The research took weeks. When I finally sat down to write, I finished 30 pages pretty quickly. As often happens, I hit a plot snag, so I slowed, researched more, and continued on, albeit at a slower pace. Around page 50, I needed to do additional research. I ended up on the phone for an hour with Kevin Stevens, former deputy chief of the US Border patrol. Then I plotted some more. The result was a 60-page Google doc that had my marginal notes ("comments") that ran the entire length of some of the draft's pages.
And I walked around the house like a zombie, the storyline, the characters, the information forming a kaleidoscope in my head.
When my wife asked what the book was about – and it took ten minutes to describe it to her – I knew I was in serious trouble.
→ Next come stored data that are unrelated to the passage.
//! Looks for a history that explains a trace, or for what refutes it, for whoever knows only what hosts saw. What it
//! finds is checked before it is given, so nobody has to trust the search. It is apart from `trace_walk` for its size.
#![tactic(auto)]

mod around;
mod beginning;
mod beginnings;
mod choosing;
mod comparing;
mod finding;
mod forced;
mod gates;
mod guessing;
mod missing;
mod observing;
mod part;
mod reason;
mod reasons;
mod searching;
mod shrinking;
mod touching;
mod units;
mod writing;

pub use crate::finding::{find_bad_line, find_on_blocks, find_refutation};
pub use crate::observing::{Observed, observe};
pub use crate::reason::{CommandName, Obstacle, Unexplained};
pub use crate::searching::{Outcome, search_all};
pub use crate::writing::write_witness;
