//! Which of the units that can be made next is most likely right.

use crate::around::Around;
use crate::choosing::{can_make, goes_before, waits_before};
use crate::gates::{Wanted, gate_ticket, queue_waiting};
use crate::missing::{missing, value_given};
use trace_walk::{Choice, TraceTables, Walk};

// A ticket that is to write a block, this value or another one, first one that can be made now.
fn who_writes(
    walk: &Walk,
    tables: &TraceTables,
    around: &Around,
    block: u64,
    wanted: Option<u64>,
    unwanted: u64,
) -> Option<usize> {
    let mut later = None;
    for number in around.tickets.as_slice() {
        let Some(ticket) = walk.tickets.get(*number) else {
            continue;
        };
        if !ticket.writes() || !ticket.will_reach(block) {
            continue;
        }
        let value = value_given(walk, tables, ticket, block);
        let serves = match wanted {
            Some(wanted) => value == wanted,
            None => value != unwanted,
        };
        if serves && can_make(walk, tables, *number, around) {
            return Some(*number);
        }
        if serves && later.is_none() {
            later = Some(*number);
        }
    }
    later
}

// The ticket that has to make a unit so that this one can, where it can't itself.
fn helper(walk: &Walk, tables: &TraceTables, around: &Around, number: usize) -> Option<usize> {
    let ticket = walk.ticket(number)?;
    let range = walk.next_unit(tables, &ticket)?;
    if let Some((block, value)) = missing(walk, tables, &ticket, &range) {
        let here = who_writes(walk, tables, around, block, Some(value), 0);
        if here.is_some() {
            return here;
        }
        let queue = queue_waiting(walk, tables, block, Wanted::Value(value))?;
        return gate_ticket(walk, tables, queue);
    }
    if ticket.writes() {
        let here = goes_before(walk, tables, number, &range, &around.tickets);
        if here.is_some() {
            return here;
        }
        let queue = waits_before(walk, tables, number, &range)?;
        return gate_ticket(walk, tables, queue);
    }
    let value = walk.value(range.slba);
    who_writes(walk, tables, around, range.slba, None, value)
}

// The unit that brings the next line nearer.
fn guess(walk: &Walk, tables: &TraceTables, around: &Around) -> Option<usize> {
    let mut number = around.target?;
    for _ in 0..around.tickets.len() {
        if can_make(walk, tables, number, around) {
            return Some(number);
        }
        number = helper(walk, tables, around, number)?;
    }
    None
}

/// Puts the unit that is most likely right last among these choices, from place `first` on.
pub(crate) fn put_best_last(
    walk: &Walk,
    tables: &TraceTables,
    around: &Around,
    first: usize,
    choices: &mut Vec<Choice>,
) {
    let Some(best) = guess(walk, tables, around) else {
        return;
    };
    let last = choices.len().saturating_sub(1);
    for place in first..choices.len() {
        let is_best = match choices.get(place) {
            Some(Choice::Unit(number)) => *number == best,
            Some(Choice::Compared(number, _)) => *number == best,
            Some(Choice::Line | Choice::Fetch(_) | Choice::Refuse(_) | Choice::Post(_, _)) | None =>
                false,
        };
        if is_best && place < choices.len() && last < choices.len() {
            choices.swap(place, last);
            return;
        }
    }
}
"Isn't there a way to simplify it?" she said.
"Oh, there is," I said.
It's not the death penalty, but it's close: I stopped and started again, writing the story from only the third-person, limited point of view of Peyton Cote. It wasn't an easy decision, especially since Destiny's Pawn is told, successfully, from the point of view of several characters. However, the narrative structure of Destiny's Pawn – using multiple points of view – was dictated by the story itself: Simply put, Peyton cannot realistically have access to information the reader needs for the book to hold up. But book four is a different story, one that can be told from Peyton's perspective. So I've climbed out of the wrong rabbit hole, and the book is going well. (It's due, after all, Sept. 1, so it has to go well.)
Writers face many choices when we begin a book (or even get 50 pages in). Some choices are predictable. Others come at you sideways. But any choice a writer makes must benefit the work itself. As Hemingway said, novel writing "is architecture, not interior decoration."